◆ ABOUT THIS EXERCISE ◆
The records must be returned word for word.

***

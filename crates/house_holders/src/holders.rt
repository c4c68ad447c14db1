//! The holders that a house declares.

ghost use Rattle.std.specs.Prelude.{◌≡◌, ◌<◌, ◌≤◌, ◌++◌, length, IfOk, IfSome, OnOk};
ghost use Rattle.std.specs.List.{find};
ghost use Rattle.std.specs.Option.{option_copied};
ghost use Rattle.std.specs.Str.{bytes_eq};
ghost use Rattle.holder_names.specs.Holders.{signed_of};
ghost use Rattle.house_holders.specs.Holders.{ring_size, holder_sized, holder_by, holders_of, account_named, directory_of};

use dh_base::{Id, Name, NoMemory};
use holder_names::{Directory, Holder};
use house_grammar::{Conduct, Declaration, KeySize};
use key_ring::Envelope;
use std::alloc::Global;
use std::marker::Model;

/// A party or a seat: its keys, its account, and whether it keeps to its program.
#[derive(Drop)]
pub struct DeclaredHolder {
    holder: Holder,
    conduct: Conduct,
    account: Id,
}

impl Model for DeclaredHolder {
    ghost use Rattle.house_holders.specs.Holders.{HolderTold};

    ghost Value = { HolderTold };

    ghost view = { λ h. record {
      name = h.holder.name;
      conduct = h.conduct;
      size = h.holder.size;
      account = h.account;
    } };
}

/// The number of keys of a ring. Trees have none, and no ring has none or more than 64.
fn ring_size(size: &KeySize) -> Option<u16>
    ensures size { result ≡ ring_size size.now }
    ensures within { IfSome result (λ n. (1 ≤ n) × (n ≤ 64)) }
{
    match size {
        KeySize::Ring(Some(n)) => {
            if *n >= 1 && *n <= 64 {
                Some(*n as u16)
            } else {
                None
            }
        }
        _ => None,
    }
}

/// The holder of the name, where its keys are a ring.
fn holder_sized(
    alloc: Global,
    name: &Name,
    conduct: Conduct,
    size: &KeySize,
) -> Result<Option<DeclaredHolder>, NoMemory>
    ensures { IfOk result (λ holder. holder
        ≡ holder_sized name.now conduct (ring_size size.now)) }
{
    match ring_size(size) {
        None => Ok(None),
        Some(size) => {
            let holder = Holder { name: *name, size };
            let account = holder.account(alloc)?;
            Ok(Some(DeclaredHolder {
                holder,
                conduct,
                account,
            }))
        }
    }
}

/// The holder that the line declares.
fn holder_by(alloc: Global, declaration: &Declaration) -> Result<Option<DeclaredHolder>, NoMemory>
    ensures { IfOk result (λ holder. holder ≡ holder_by declaration.now) }
{
    match declaration {
        Declaration::Party {
            name,
            conduct,
            size,
        } => holder_sized(alloc, name, *conduct, size),
        Declaration::Seat {
            name,
            conduct,
            size,
        } => holder_sized(alloc, name, *conduct, size),
        _ => Ok(None),
    }
}

impl DeclaredHolder {
    pub fn name(&self) -> &Name
        ensures { result.now ≡ self.now.name }
    {
        &self.holder.name
    }

    pub fn account(&self) -> &Id
        ensures { result.now ≡ self.now.account }
    {
        &self.account
    }

    pub fn conduct(&self) -> Conduct
        ensures { result ≡ self.now.conduct }
    {
        self.conduct
    }

    /// How many keys the holder has.
    pub fn size(&self) -> u16
        ensures size { result ≡ self.now.size }
        ensures few { result ≤ 64 }
    {
        self.holder.size
    }

    /// The envelope in which the key of number `q` signs the message. Nothing keeps it.
    pub fn sign(&self, alloc: Global, q: u32, message: &[u8]) -> Result<Envelope, NoMemory>
        requires key { q < self.now.size }
        requires message { length message.now ≤ 16384 }
        ensures { IfOk result (λ env. env
            ≡ signed_of self.now.name self.now.size q message.now) }
    {
        self.holder.sign(alloc, q, message)
    }
}

/// All holders of a house. A contract sees their list, in the order of their declarations.
#[derive(Drop)]
pub struct Holders {
    listed: Vec<DeclaredHolder>,
}

impl Model for Holders {
    ghost use Rattle.std.specs.Prelude.{List};
    ghost use Rattle.house_holders.specs.Holders.{HolderTold};

    ghost Value = { List HolderTold };

    ghost view = { λ h. h.listed.items };
}

impl Holders {
    /// The holders that the lines declare.
    pub fn of(alloc: Global, declarations: &[Declaration]) -> Result<Holders, NoMemory>
        ensures { IfOk result (λ holders. holders ≡ holders_of declarations.now) }
    {
        let mut listed = Vec::new(alloc);
        for declaration in declarations {
            if let Some(holder) = holder_by(alloc, declaration)? {
                listed.push(holder)?;
            }
        }
        Ok(Holders { listed })
    }

    pub fn as_slice(&self) -> &[DeclaredHolder]
        ensures { result.now ≡ self.now }
    {
        self.listed.as_slice()
    }

    /// The first holder of the name.
    pub fn find(&self, name: &Name) -> Option<&DeclaredHolder>
        ensures { option_copied result ≡ find (λ holder. bytes_eq name.now holder.name) self.now }
    {
        self.listed.iter().find(|holder| name == holder.name())
    }

    /// The account of the name, and zeros where nobody has the name.
    pub fn account_of(&self, name: &Name) -> Id
        ensures { result ≡ account_named self.now name.now }
    {
        match self.find(name) {
            Some(holder) => *holder.account(),
            None => Id([0; 32]),
        }
    }

    /// Adds the accounts and the names of all holders.
    pub fn name_in(&self, directory: &mut Directory) -> Result<(), NoMemory>
        ensures { OnOk result (directory.new ≡ directory.old ++ directory_of self.now) }
    {
        for holder in self.listed.iter() {
            directory.add(holder.account(), holder.name())?;
        }
        Ok(())
    }
}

***

◆ RESULT ◆
filename crates/house_holders/src/holders.rt
repository c4c68ad447c14db1
//! The holders that a house declares.

ghost use Rattle.std.specs.Prelude.{◌≡◌, ◌<◌, ◌≤◌, ◌++◌, length, IfOk, IfSome, OnOk};
ghost use Rattle.std.specs.List.{find};
ghost use Rattle.std.specs.Option.{option_copied};
ghost use Rattle.std.specs.Str.{bytes_eq};
ghost use Rattle.holder_names.specs.Holders.{signed_of};
ghost use Rattle.house_holders.specs.Holders.{ring_size, holder_sized, holder_by, holders_of, account_named, directory_of};

use dh_base::{Id, Name, NoMemory};
use holder_names::{Directory, Holder};
use house_grammar::{Conduct, Declaration, KeySize};
use key_ring::Envelope;
use std::alloc::Global;
use std::marker::Model;

/// A party or a seat: its keys, its account, and whether it keeps to its program.
#[derive(Drop)]
pub struct DeclaredHolder {
    holder: Holder,
    conduct: Conduct,
    account: Id,
}

impl Model for DeclaredHolder {
    ghost use Rattle.house_holders.specs.Holders.{HolderTold};

    ghost Value = { HolderTold };

    ghost view = { λ h. record {
      name = h.holder.name;
      conduct = h.conduct;
      size = h.holder.size;
      account = h.account;
    } };
}

/// The number of keys of a ring. Trees have none, and no ring has none or more than 64.
fn ring_size(size: &KeySize) -> Option<u16>
    ensures size { result ≡ ring_size size.now }
    ensures within { IfSome result (λ n. (1 ≤ n) × (n ≤ 64)) }
{
    match size {
        KeySize::Ring(Some(n)) => {
            if *n >= 1 && *n <= 64 {
                Some(*n as u16)
            } else {
                None
            }
        }
        _ => None,
    }
}

/// The holder of the name, where its keys are a ring.
fn holder_sized(
    alloc: Global,
    name: &Name,
    conduct: Conduct,
    size: &KeySize,
) -> Result<Option<DeclaredHolder>, NoMemory>
    ensures { IfOk result (λ holder. holder
        ≡ holder_sized name.now conduct (ring_size size.now)) }
{
    match ring_size(size) {
        None => Ok(None),
        Some(size) => {
            let holder = Holder { name: *name, size };
            let account = holder.account(alloc)?;
            Ok(Some(DeclaredHolder {
                holder,
                conduct,
                account,
            }))
        }
    }
}

/// The holder that the line declares.
fn holder_by(alloc: Global, declaration: &Declaration) -> Result<Option<DeclaredHolder>, NoMemory>
    ensures { IfOk result (λ holder. holder ≡ holder_by declaration.now) }
{
    match declaration {
        Declaration::Party {
            name,
            conduct,
            size,
        } => holder_sized(alloc, name, *conduct, size),
        Declaration::Seat {
            name,
            conduct,
            size,
        } => holder_sized(alloc, name, *conduct, size),
        _ => Ok(None),
    }
}

impl DeclaredHolder {
    pub fn name(&self) -> &Name
        ensures { result.now ≡ self.now.name }
    {
        &self.holder.name
    }

    pub fn account(&self) -> &Id
        ensures { result.now ≡ self.now.account }
    {
        &self.account
    }

    pub fn conduct(&self) -> Conduct
        ensures { result ≡ self.now.conduct }
    {
        self.conduct
    }

    /// How many keys the holder has.
    pub fn size(&self) -> u16
        ensures size { result ≡ self.now.size }
        ensures few { result ≤ 64 }
    {
        self.holder.size
    }

    /// The envelope in which the key of number `q` signs the message. Nothing keeps it.
    pub fn sign(&self, alloc: Global, q: u32, message: &[u8]) -> Result<Envelope, NoMemory>
        requires key { q < self.now.size }
        requires message { length message.now ≤ 16384 }
        ensures { IfOk result (λ env. env
            ≡ signed_of self.now.name self.now.size q message.now) }
    {
        self.holder.sign(alloc, q, message)
    }
}

/// All holders of a house. A contract sees their list, in the order of their declarations.
#[derive(Drop)]
pub struct Holders {
    listed: Vec<DeclaredHolder>,
}

impl Model for Holders {
    ghost use Rattle.std.specs.Prelude.{List};
    ghost use Rattle.house_holders.specs.Holders.{HolderTold};

    ghost Value = { List HolderTold };

    ghost view = { λ h. h.listed.items };
}

impl Holders {
    /// The holders that the lines declare.
    pub fn of(alloc: Global, declarations: &[Declaration]) -> Result<Holders, NoMemory>
        ensures { IfOk result (λ holders. holders ≡ holders_of declarations.now) }
    {
        let mut listed = Vec::new(alloc);
        for declaration in declarations {
            if let Some(holder) = holder_by(alloc, declaration)? {
                listed.push(holder)?;
            }
        }
        Ok(Holders { listed })
    }

    pub fn as_slice(&self) -> &[DeclaredHolder]
        ensures { result.now ≡ self.now }
    {
        self.listed.as_slice()
    }

    /// The first holder of the name.
    pub fn find(&self, name: &Name) -> Option<&DeclaredHolder>
        ensures { option_copied result ≡ find (λ holder. bytes_eq name.now holder.name) self.now }
    {
        self.listed.iter().find(|holder| name == holder.name())
    }

    /// The account of the name, and zeros where nobody has the name.
    pub fn account_of(&self, name: &Name) -> Id
        ensures { result ≡ account_named self.now name.now }
    {
        match self.find(name) {
            Some(holder) => *holder.account(),
            None => Id([0; 32]),
        }
    }

    /// Adds the accounts and the names of all holders.
    pub fn name_in(&self, directory: &mut Directory) -> Result<(), NoMemory>
        ensures { OnOk result (directory.new ≡ directory.old ++ directory_of self.now) }
    {
        for holder in self.listed.iter() {
            directory.add(holder.account(), holder.name())?;
        }
        Ok(())
    }
}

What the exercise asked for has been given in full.